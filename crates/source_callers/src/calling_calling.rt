//! A caller of a source that does something: Kotlin's
//! `flow { emit(load()) }.retry(3).catch { emit(instead) }.onCompletion { }.first()`.

ghost use Rattle.std.specs.Prelude.{◌≡◌, true, Some, None, IfOk};
ghost use Rattle.cold_flow.specs.declared.operators.catch_with.Caught.TheVariants.{Last};
ghost use Rattle.source_callers.specs.Loads.{LoadedOr};

use calling_sources::{Call, calling};
use cold_flow::{Apply, Caught, Cause, Flow, Refusal, catch_with, first, on_completion};
use futures::task::{Context, Poll};
use more_operators::retry;

/// Answers true of each fault.
#[derive(Clone, Copy)]
pub struct Always;

impl Apply<u64> for Always {
    type Out = bool;

    ghost gives = { λ _ _. true };

    fn apply(&self, _argument: u64) -> bool {
        true
    }
}

/// A value in place of a failure.
#[derive(Clone, Copy)]
pub struct Instead(pub u64);

impl Apply<u64> for Instead {
    type Out = Caught<u64, u64>;

    ghost gives = { λ s _. Last s.0 };

    fn apply(&self, _argument: u64) -> Caught<u64, u64> {
        Caught::Last(self.0)
    }
}

/// Adds no value at the end.
#[derive(Clone, Copy)]
pub struct NoMore;

impl Apply<Cause<u64>> for NoMore {
    type Out = Option<u64>;

    ghost gives = { λ _ _. None };

    fn apply(&self, _argument: Cause<u64>) -> Option<u64> {
        None
    }
}

/// Asks once for what `load` answers, called up to four times, or else `instead`. A value is an answer of `load`, or `instead`.
///
/// Refused as `NoMemory`, where a start is.
pub fn load_or<C: Call<Item = u64, Fault = u64>>(
    load: C,
    instead: u64,
    cx: &mut Context<'_>,
) -> Result<Poll<Result<u64, Cause<u64>>>, Refusal>
    ensures { IfOk result (LoadedOr (C.answers load) instead) }
{
    let pages = catch_with(retry(calling(load), 3, Always), Instead(instead));
    let mut loading = first(on_completion(pages, NoMore).start()?);
    Ok(loading.poll(cx))
}
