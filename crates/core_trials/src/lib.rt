//! Tests of shared flows on one thread, lanes and states that cross crates, with answers known from outside: mostly a table, and
//! one function for all its rows.
#![tactic(auto)]

#[cfg(test)]
mod body_rows;
#[cfg(test)]
mod core_limits;
#[cfg(test)]
mod core_rows;
#[cfg(test)]
mod given_back;
#[cfg(test)]
mod lane_blocks;
#[cfg(test)]
mod lane_body;
#[cfg(test)]
mod lane_rows;
#[cfg(test)]
mod lane_threads;
#[cfg(test)]
mod making_rows;
#[cfg(test)]
mod state_rows;
#[cfg(test)]
mod tools;
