//! The ring, a lane, and a shared flow for threads, beside the lists that the ring replaced: call by call, and by blocks, which the
//! lists take one by one.

mod flow_body;
mod list_body;

use crate::core_rows::caches;
use crate::lane_body::{LaneBody, lane_of};
use cold_flow::{Policy, Refusal};
use flow_body::FlowBody;
use futures::test::MockTask;
use list_body::ListBody;
use shared_core::{Call, Config, Next, Prelude, Reply, SharedState, SubId, Ticket};
use std::alloc::{AllocError, AllocGlobal, Global};
use std::process::Abort;
use std::random::RandomSource;
use std::sync::Wait;
use std::test::Fail;

/// How many lists of calls are made on each body, and how many calls each has.
const LISTS: u64 = 10_000;

const CALLS: u64 = 200;

/// How many lists are made on flows with many seats.
const MANY_SEATED: u64 = 3_000;

/// How many values a block has at most: as many as the flow has places.
const MOST: usize = 64;

/// The numbers stay below this.
const LIMIT: u64 = 1 << 62;

/// A body of a shared flow that is tried beside the lists.
pub(crate) trait Body {
    /// Makes one call. No reply where memory was refused.
    fn make(&mut self, call: Call<u64>) -> Option<Reply<u64>>;

    /// How many of these values are accepted at once.
    fn try_all(&mut self, emitter: u32, values: &[u64]) -> Result<u64, Refusal>;

    /// Receives as many values as `out` has room for, which is at least one.
    fn next_all(&mut self, id: SubId, out: &mut Vec<u64>) -> Next<u64>;

    /// Are these the values of the replay cache?
    fn caches(&mut self, values: &[u64]) -> bool;
}

/// The ring, and room for its replies.
#[derive(Drop)]
struct RingBody {
    flow: SharedState<u64>,
    replies: Vec<Reply<u64>>,
}

impl Body for RingBody {
    fn make(&mut self, call: Call<u64>) -> Option<Reply<u64>> {
        self.replies.clear();
        self.flow.run(&[call], &mut self.replies).ok()?;
        self.replies.pop()
    }

    fn try_all(&mut self, emitter: u32, values: &[u64]) -> Result<u64, Refusal> {
        self.flow.try_emit_all(emitter, values)
    }

    fn next_all(&mut self, id: SubId, out: &mut Vec<u64>) -> Next<u64> {
        self.flow.try_next_all(id, out)
    }

    fn caches(&mut self, values: &[u64]) -> bool {
        caches(&self.flow, values)
    }
}

/// Which body is tried beside the lists.
#[derive(Clone, Copy)]
enum Kind {
    Ring,
    Lane,
    Flow,
}

/// Numbers that look random, the same in each run.
#[derive(Drop)]
struct Random {
    state: u64,
    /// A lane has no preludes.
    kind: Kind,
    /// How many subscriptions, and how many tickets, a flow has at most: 64 or fewer.
    seats: u64,
}

impl Random {
    /// A number below the bound.
    fn below(&mut self, bound: u64) -> u64 {
        let mut state = self.state;
        state ^= state.wrapping_shl(13);
        state ^= state >> 7;
        state ^= state.wrapping_shl(17);
        self.state = state;
        (state >> 11) % bound.max(1)
    }

    /// A flow with at most 5 places, or with 64, and a policy that it may have.
    fn config(&mut self) -> Config {
        let capacity = match self.below(8) {
            0 => MOST as u64,
            _ => self.below(6),
        };
        let replay = self.below(capacity.saturating_add(1)).min(capacity);
        let policy = match self.below(3) {
            0 if capacity > 0 => Policy::DropOldest,
            1 if capacity > 0 => Policy::DropLatest,
            _ => Policy::Suspend,
        };
        let first = match self.below(8) {
            0 => LIMIT - self.below(60).min(60),
            _ => self.below(1000),
        };
        Config {
            replay,
            extra: capacity.saturating_sub(replay),
            policy,
            subscribers: (1 + self.below(self.seats).min(63)) as u32,
            emits: (1 + self.below(self.seats).min(63)) as u32,
            first,
        }
    }

    /// A number of which `given` were given from `first` on: mostly one of the latest.
    fn number(&mut self, first: u64, given: u64) -> u64 {
        first.saturating_add(given.saturating_sub(self.below(self.seats.saturating_add(2))))
    }

    fn emitter(&mut self) -> u32 {
        self.below(3).min(2) as u32
    }

    fn subscription(&mut self, body: &ListBody) -> SubId {
        SubId(self.number(body.config.first, body.subscribed))
    }

    fn ticket(&mut self, body: &ListBody) -> Ticket {
        Ticket(self.number(body.config.first, body.given))
    }

    /// How many values a block has, or has room for.
    fn size(&mut self) -> usize {
        match self.below(4) {
            0 => 1,
            1 => 2,
            2 => 3,
            _ => MOST,
        }
    }

    /// A subscription with a prelude of at most three values.
    fn subscribing(&mut self) -> Call<u64> {
        let values = [self.below(1000), self.below(1000), self.below(1000)];
        let count = self.below(4).min(3) as usize;
        match Prelude::of(&values[..count]) {
            Ok(prelude) if !matches!(self.kind, Kind::Lane) => Call::SubscribeWith(prelude),
            _ => Call::Subscribe,
        }
    }

    fn call(&mut self, body: &ListBody) -> Call<u64> {
        match self.below(20) {
            0..=2 => Call::Try(self.emitter(), self.below(1000)),
            3..=6 => Call::Start(self.emitter(), self.below(1000)),
            7..=8 => Call::Poll(self.ticket(body)),
            9 => Call::Withdraw(self.ticket(body)),
            10 => Call::Subscribe,
            11 => self.subscribing(),
            12..=17 => Call::Next(self.subscription(body)),
            18 => Call::Cancel(self.subscription(body)),
            _ => match self.below(2) {
                0 => Call::Reset,
                _ => Call::Count,
            },
        }
    }
}

/// Makes a call on both bodies. Answers whether both reply the same.
fn call_agrees<B: Body>(random: &mut Random, lists: &mut ListBody, body: &mut B) -> bool {
    let call = random.call(lists);
    match lists.make(call) {
        Ok(reply) => body.make(call) == Some(reply),
        Err(_) => false,
    }
}

/// Tries a block of values, which the lists try one by one.
fn tries_agree<B: Body>(random: &mut Random, lists: &mut ListBody, body: &mut B) -> bool {
    let mut values = [0; MOST];
    for value in values.iter_mut() {
        *value = random.below(1000);
    }
    let block = &values[..random.size().min(MOST)];
    body.try_all(random.emitter(), block) == lists.try_each(block)
}

/// Receives a block of so many values at most, which the lists receive one by one.
fn receipts_agree<B: Body>(
    alloc: Global,
    lists: &mut ListBody,
    body: &mut B,
    id: SubId,
    most: usize,
) -> Result<bool, AllocError> {
    let mut wanted = Vec::new(alloc);
    let mut found = Vec::with_capacity(alloc, most)?;
    let answer = lists.next_each(id.0, most, &mut wanted)?;
    let is_answer = body.next_all(id, &mut found) == answer;
    Ok(is_answer && found.as_slice() == wanted.as_slice())
}

/// Makes a list of calls and blocks on both bodies. Answers whether all replies, and what is left at the end, are the same.
fn replies_agree<B: Body>(
    alloc: Global,
    random: &mut Random,
    lists: &mut ListBody,
    body: &mut B,
) -> Result<bool, AllocError> {
    for _ in 0..CALLS {
        let agrees = match random.below(8) {
            0 => tries_agree(random, lists, body),
            1 => {
                let id = random.subscription(lists);
                receipts_agree(alloc, lists, body, id, random.size())?
            }
            _ => call_agrees(random, lists, body),
        };
        if !agrees {
            return Ok(false);
        }
    }
    rest_agrees(alloc, lists, body)
}

/// Whether both have the same replay cache, and each subscription receives the same values that are left.
fn rest_agrees<B: Body>(
    alloc: Global,
    lists: &mut ListBody,
    body: &mut B,
) -> Result<bool, AllocError> {
    if !body.caches(lists.cache.as_slice()) {
        return Ok(false);
    }
    for made in 0..lists.subscribed {
        let id = SubId(lists.config.first.saturating_add(made));
        if !receipts_agree(alloc, lists, body, id, MOST)? {
            return Ok(false);
        }
    }
    Ok(true)
}

/// The ring, and the lists.
fn ring_agrees(alloc: Global, random: &mut Random) -> Result<bool, Fail> {
    let config = random.config();
    let mut ring = RingBody {
        flow: SharedState::new(alloc, config)?,
        replies: Vec::new(alloc),
    };
    let mut lists = ListBody::new(alloc, config);
    Ok(replies_agree(alloc, random, &mut lists, &mut ring)?)
}

/// A lane, and the lists.
fn lane_agrees(alloc: Global, random: &mut Random) -> Result<bool, Fail> {
    let config = random.config();
    let (lane, sequencer) = lane_of(alloc, config)?;
    let mut lists = ListBody::new(alloc, config);
    let mut body = LaneBody::new(alloc, &lane, sequencer, config.first);
    let agrees = replies_agree(alloc, random, &mut lists, &mut body);
    body.end();
    Ok(agrees?)
}

/// A shared flow for threads, and the lists.
fn flow_agrees<R: AllocGlobal + Wait>(
    rt: &R,
    task: &MockTask,
    random: &mut Random,
) -> Result<bool, Fail> {
    let config = random.config();
    let mut lists = ListBody::new(rt.alloc(), config);
    let mut body = FlowBody::new(rt, task, config)?;
    let agrees = replies_agree(rt.alloc(), random, &mut lists, &mut body);
    body.end();
    Ok(agrees?)
}

/// Makes so many lists of calls on flows with so many seats at most.
fn replies_are_the_same<R: AllocGlobal + RandomSource + Wait + Abort>(
    rt: &R,
    kind: Kind,
    seats: u64,
    lists: u64,
) -> Result<(), Fail> {
    let mut random = Random {
        state: 0x9E37_79B9_7F4A_7C15,
        kind,
        seats,
    };
    let task = MockTask::new(rt)?;
    for list in 0..lists {
        let agrees = match kind {
            Kind::Ring => ring_agrees(rt.alloc(), &mut random)?,
            Kind::Lane => lane_agrees(rt.alloc(), &mut random)?,
            Kind::Flow => flow_agrees(rt, &task, &mut random)?,
        };
        assert!(rt; agrees, "list {list}");
    }
    Ok(())
}

#[test]
fn ring_replies_as_the_lists_did(rt: HostRuntime) -> Result<(), Fail> {
    replies_are_the_same(&rt, Kind::Ring, 4, LISTS)
}

// With so many seats, subscriptions and tickets are looked for among many, with gaps between their numbers.
#[test]
fn ring_replies_as_the_lists_did_among_many(rt: HostRuntime) -> Result<(), Fail> {
    replies_are_the_same(&rt, Kind::Ring, 64, MANY_SEATED)
}

#[test]
fn a_lane_replies_as_the_lists_did(rt: HostRuntime) -> Result<(), Fail> {
    replies_are_the_same(&rt, Kind::Lane, 4, LISTS)
}

#[test]
fn a_shared_flow_replies_as_the_lists_did(rt: HostRuntime) -> Result<(), Fail> {
    replies_are_the_same(&rt, Kind::Flow, 4, LISTS)
}
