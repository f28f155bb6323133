//! Tools of the tests: what fails where something else came.

use std::fmt::Debug;
use std::process::Abort;
use trial_tools::Differences;

/// Fails with this name where what was found isn't what was wanted.
pub(crate) fn assert_same<T: PartialEq + Debug + Drop>(
    rt: &impl Abort,
    name: &str,
    found: T,
    wanted: T,
) {
    assert_eq!(rt; found, wanted, "{name}");
}

/// Fails with all that was noted, where something was.
pub(crate) fn assert_none(rt: &impl Abort, differences: &Differences) {
    assert!(rt; differences.lines().is_empty(), "{}", differences.lines());
}
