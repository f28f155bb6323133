//! A caller of a chain over a state and a subscription: Kotlin's `combine(price, orders) { price, order -> price * order }.toList(costs)`.

ghost use Rattle.std.specs.Prelude.{◌≡◌, None, OnOk};
ghost use Rattle.source_callers.specs.Costs.{TookCosts, cost};

use cold_flow::Apply;
use flow_terms::{Refusal, Word};
use hot_sources::{
    Parker, TaskBell, WakingSeat, combine, receiving, state_and_flow, take_list, take_of, watching,
};
use shared_core::{Config, Policy};
use shared_flow::{Emitter, Subscription};
use state_flow::Collector;
use std::alloc::AllocGlobal;
use std::random::RandomSource;
use std::sync::Wait;
use std::thread;
use std::thread::Threads;

/// Ten orders find room, so who emits them doesn't wait.
const ORDERS: Config = Config {
    replay: 0,
    extra: 10,
    policy: Policy::Suspend,
    subscribers: 1,
    emits: 1,
    first: 0,
};

/// What an order costs, modulo 2^64.
#[derive(Clone, Copy)]
pub struct Cost;

impl Apply<(u64, u64)> for Cost {
    type Out = u64;

    ghost gives = { λ _ both. cost both };

    fn apply(&self, both: (u64, u64)) -> u64 {
        both.0.wrapping_mul(both.1)
    }
}

/// Adds what each order costs, and each again at a new price, to `out`, until who sets the price lets it go. The thread sleeps until either
/// comes. It is what the latest price and the latest order give, at each of all that came, in order. Both go on afterwards.
///
/// Refused as `NoMemory`.
pub fn costs<W: Wait>(
    rt: &W,
    parker: &mut Parker,
    price: &mut Collector<u64>,
    bell: &TaskBell,
    orders: &mut Subscription<u64>,
    out: &mut Vec<u64>,
) -> Result<(), Refusal>
    ensures { OnOk result (TookCosts ⟦<u64 as Word>⟧.read_as price.old orders.old out.old.items out.new.items price.new orders.new) }
{
    let mut chain = combine(watching::<(), _>(price, bell), receiving(orders, rt), Cost);
    let _end = take_of(rt, parker, &mut chain, usize::MAX, out)?;
    Ok(())
}

/// What the threads need of a runtime.
pub trait Runtime: Wait + Threads + RandomSource + AllocGlobal + Sync {}

impl<R: Wait + Threads + RandomSource + AllocGlobal + Sync> Runtime for R {}

/// One thread: a price before each order. Then who combines is let go, whatever became of the orders.
fn sell(
    rt: &impl Wait,
    parker: &mut Parker,
    price: &mut WakingSeat<u64>,
    orders: &mut Emitter<u64>,
) -> Result<(), Refusal>
    requires { orders.old.ticket ≡ None }
{
    let sold = sell_each(rt, parker, price, orders);
    price.stop();
    sold
}

fn sell_each(
    rt: &impl Wait,
    parker: &mut Parker,
    price: &mut WakingSeat<u64>,
    orders: &mut Emitter<u64>,
) -> Result<(), Refusal>
    requires { orders.old.ticket ≡ None }
{
    for number in 1..=10 {
        price.set(number);
        orders.emit(rt, parker, number)?;
    }
    Ok(())
}

/// The costs that another thread sees, which sleeps until there is a new price or a new order. The last one is the cost of the last order by
/// the last price; no order is left out.
///
/// Refused as `NoMemory`.
pub fn costs_of_ten(rt: &impl Runtime) -> Result<Vec<u64>, Refusal> {
    let mut parker = Parker::new(rt)?;
    let (mut price, mut orders, mut both) = state_and_flow(rt, 1u64, ORDERS)?;
    let prices = watching::<(), _>(&mut both.state, &both.bell);
    let mut costs = combine(prices, receiving(&mut both.flow, rt), Cost);
    let (seen, sold) = thread::join(
        rt,
        || take_list(rt, &mut costs, usize::MAX),
        ||
            requires { orders.ticket ≡ None }
        { sell(rt, &mut parker, &mut price, &mut orders) },
    );
    orders.close(rt);
    both.cancel(rt);
    sold.and(seen)
}
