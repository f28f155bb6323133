//! A lane on one thread, by the calls of a shared flow: what a receipt or an end makes room for is accepted at once.

ghost use Rattle.std.specs.Prelude.{IfOk};
ghost use Rattle.shared_lane.specs.Readers.{IsReaderOf};
ghost use Rattle.shared_lane.specs.Sequencers.{IsSequencerOf};

use crate::body_rows::Body;
use cold_flow::Refusal;
use shared_core::{Call, Config, Next, Reply, SubId};
use shared_lane::{Lane, Reader, Sequencer, Taken};
use std::alloc::Global;

// A lane, and its sequencer.
pub(crate) fn lane_of(
    alloc: Global,
    config: Config,
) -> Result<(Lane<Global>, Sequencer<Global>), u8>
    ensures { IfOk result (λ made. IsSequencerOf made.0 made.1) }
{
    Lane::new(alloc, config).map_err(|refusal| refusal.number())
}

/// A sequencer with its lane.
#[derive(Drop)]
pub(crate) struct Sending<'a> {
    pub(crate) lane: &'a Lane<Global>,
    pub(crate) sequencer: Sequencer<Global>,
    ghost fits: { IsSequencerOf lane.now sequencer },
}

impl<'a> Sending<'a> {
    pub(crate) fn admit(&mut self) -> Result<Listening<'a>, Refusal> {
        let reader = self.sequencer.admit(self.lane)?;
        Ok(Listening {
            lane: self.lane,
            reader,
        })
    }

    // Accepts what waits, as far as there is room.
    fn accept_waiting(&mut self) {
        self.sequencer.scan(self.lane);
    }

    // Makes a call of an emitter, or one of the flow that isn't a subscription's.
    fn make(&mut self, call: Call<u64>) -> Option<Reply<u64>> {
        let (lane, sequencer) = (self.lane, &mut self.sequencer);
        Some(match call {
            Call::Try(emitter, word) => Reply::Tried(sequencer.try_emit(lane, emitter, word)),
            Call::Start(emitter, word) => Reply::Begun(sequencer.start_emit(lane, emitter, word)),
            Call::Poll(ticket) => Reply::Emit(sequencer.poll_emit(lane, ticket)),
            Call::Withdraw(ticket) => Reply::Withdrawn(sequencer.cancel_emit(lane, ticket)),
            Call::Count => Reply::Count(sequencer.live(lane)),
            Call::Reset => {
                sequencer.reset_replay();
                Reply::Reset
            }
            _ => return None,
        })
    }

    fn try_all(&mut self, emitter: u32, words: &[u64]) -> Result<u64, Refusal> {
        self.sequencer.try_emit_all(self.lane, emitter, words)
    }

    fn caches(&self, words: &[u64]) -> bool {
        if self.sequencer.replay_len() != words.len() as u64 {
            return false;
        }
        for (index, word) in words.iter().enumerate() {
            let index = index as u64;
            if index >= self.sequencer.replay_len() || self.sequencer.replay_at(index) != *word {
                return false;
            }
        }
        true
    }
}

/// A reader with its lane.
pub(crate) struct Listening<'a> {
    pub(crate) lane: &'a Lane<Global>,
    pub(crate) reader: Reader,
    ghost fits: { IsReaderOf lane.now reader },
}

// On one thread nobody is overtaken: that is an answer which the lists never give.
fn next_of(taken: Taken<u64>) -> Next<u64> {
    match taken {
        Taken::Value(value) => Next::Value(value),
        Taken::Nothing => Next::Nothing,
        Taken::Overtaken => Next::Closed,
    }
}

impl Listening<'_> {
    fn next(&mut self) -> Next<u64> {
        next_of(self.reader.try_next(self.lane))
    }

    fn next_all(&mut self, out: &mut Vec<u64>) -> Next<u64> {
        next_of(self.reader.try_next_all(self.lane, out))
    }

    // Ends the reader, and says how many words it received or lost.
    pub(crate) fn leave(self) -> u64 {
        let Listening { lane, reader } = self;
        let counted = reader.received().saturating_add(reader.dropped());
        reader.close(lane);
        counted
    }
}

/// A lane with its readers. It must be ended.
pub(crate) struct LaneBody<'a> {
    sending: Sending<'a>,
    /// The number of the first subscription.
    first: u64,
    /// The subscriptions that were made, each while it is live.
    readers: Vec<Option<Listening<'a>>>,
}

impl<'a> LaneBody<'a> {
    pub(crate) fn new(
        alloc: Global,
        lane: &'a Lane<Global>,
        sequencer: Sequencer<Global>,
        first: u64,
    ) -> LaneBody<'a>
        requires { IsSequencerOf lane.now sequencer }
    {
        LaneBody {
            sending: Sending { lane, sequencer },
            first,
            readers: Vec::new(alloc),
        }
    }

    fn subscribe(&mut self) -> Option<Reply<u64>> {
        let number = self.sending.sequencer.next_subscription();
        match self.sending.admit() {
            Ok(listening) => match self.readers.push(Some(listening)) {
                Ok(()) => Some(Reply::Sub(Ok(SubId(number)))),
                Err(refused) => {
                    leave(refused.value);
                    None
                }
            },
            Err(refusal) => Some(Reply::Sub(Err(refusal))),
        }
    }

    // Where the reader of this subscription is, if it was made.
    fn index(&self, id: SubId) -> usize {
        id.0.saturating_sub(self.first) as usize
    }

    fn next(&mut self, id: SubId) -> Next<u64> {
        let index = self.index(id);
        let Some(Some(listening)) = self.readers.get_mut(index) else {
            return Next::Closed;
        };
        let next = listening.next();
        self.sending.accept_waiting();
        next
    }

    fn cancel(&mut self, id: SubId) -> bool {
        let index = self.index(id);
        let Some(place) = self.readers.get_mut(index) else {
            return false;
        };
        let was_live = leave(place.take());
        self.sending.accept_waiting();
        was_live
    }

    /// Ends all readers.
    pub(crate) fn end(self) {
        let LaneBody {
            sending: _,
            first: _,
            readers,
        } = self;
        end_all(readers);
    }
}

fn end_all(mut readers: Vec<Option<Listening<'_>>>) {
    while let Some(place) = readers.pop() {
        leave(place);
    }
    readers.destroy_empty();
}

// Ends a reader that is live. Answers whether it was.
fn leave(place: Option<Listening<'_>>) -> bool {
    match place {
        Some(listening) => {
            let _counted = listening.leave();
            true
        }
        None => false,
    }
}

impl Body for LaneBody<'_> {
    fn make(&mut self, call: Call<u64>) -> Option<Reply<u64>> {
        match call {
            Call::Subscribe => self.subscribe(),
            Call::Next(id) => Some(Reply::Next(self.next(id))),
            Call::Cancel(id) => Some(Reply::Cancelled(self.cancel(id))),
            _ => self.sending.make(call),
        }
    }

    fn try_all(&mut self, emitter: u32, values: &[u64]) -> Result<u64, Refusal> {
        self.sending.try_all(emitter, values)
    }

    // What the values of one block make room for may be in the next.
    fn next_all(&mut self, id: SubId, out: &mut Vec<u64>) -> Next<u64> {
        let index = self.index(id);
        let Some(Some(listening)) = self.readers.get_mut(index) else {
            return Next::Closed;
        };
        let mut taken: u64 = 0;
        for _ in 0..out.capacity() {
            match listening.next_all(out) {
                Next::Value(count) if count > 0 => taken = taken.saturating_add(count),
                none if taken == 0 => return none,
                _ => break,
            }
            self.sending.accept_waiting();
        }
        Next::Value(taken)
    }

    fn caches(&mut self, values: &[u64]) -> bool {
        self.sending.caches(values)
    }
}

★ ★ ★

What the exercise asks:
Note every line in the material with "received" and copy it.

Answer:
    // Ends the reader, and says how many words it received or lost.
        let counted = reader.received().saturating_add(reader.dropped());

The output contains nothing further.